Data items
★ ★ ★

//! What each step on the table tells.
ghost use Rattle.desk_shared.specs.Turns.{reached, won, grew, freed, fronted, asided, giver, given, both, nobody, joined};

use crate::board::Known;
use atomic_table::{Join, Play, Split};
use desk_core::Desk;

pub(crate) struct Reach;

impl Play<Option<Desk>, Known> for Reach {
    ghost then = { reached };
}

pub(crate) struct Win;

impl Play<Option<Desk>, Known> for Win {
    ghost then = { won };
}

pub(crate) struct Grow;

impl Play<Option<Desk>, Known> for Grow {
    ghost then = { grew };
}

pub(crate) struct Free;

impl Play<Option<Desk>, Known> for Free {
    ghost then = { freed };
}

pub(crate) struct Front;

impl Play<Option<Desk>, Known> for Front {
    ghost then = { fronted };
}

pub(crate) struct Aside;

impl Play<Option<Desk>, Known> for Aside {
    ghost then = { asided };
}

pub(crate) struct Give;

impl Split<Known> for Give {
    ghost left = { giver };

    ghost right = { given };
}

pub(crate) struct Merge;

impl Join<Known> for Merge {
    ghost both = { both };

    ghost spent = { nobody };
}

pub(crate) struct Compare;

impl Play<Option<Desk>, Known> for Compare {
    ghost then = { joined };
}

★ ★ ★

(Task objective):
Starting at the first line and ending at the last, retype the entries above.

(Response below):
//! What each step on the table tells.
ghost use Rattle.desk_shared.specs.Turns.{reached, won, grew, freed, fronted, asided, giver, given, both, nobody, joined};

use crate::board::Known;
use atomic_table::{Join, Play, Split};
use desk_core::Desk;

pub(crate) struct Reach;

impl Play<Option<Desk>, Known> for Reach {
    ghost then = { reached };
}

pub(crate) struct Win;

impl Play<Option<Desk>, Known> for Win {
    ghost then = { won };
}

pub(crate) struct Grow;

impl Play<Option<Desk>, Known> for Grow {
    ghost then = { grew };
}

pub(crate) struct Free;

impl Play<Option<Desk>, Known> for Free {
    ghost then = { freed };
}

pub(crate) struct Front;

impl Play<Option<Desk>, Known> for Front {
    ghost then = { fronted };
}

pub(crate) struct Aside;

impl Play<Option<Desk>, Known> for Aside {
    ghost then = { asided };
}

pub(crate) struct Give;

impl Split<Known> for Give {
    ghost left = { giver };

    ghost right = { given };
}

pub(crate) struct Merge;

impl Join<Known> for Merge {
    ghost both = { both };

    ghost spent = { nobody };
}

pub(crate) struct Compare;

impl Play<Option<Desk>, Known> for Compare {
    ghost then = { joined };
}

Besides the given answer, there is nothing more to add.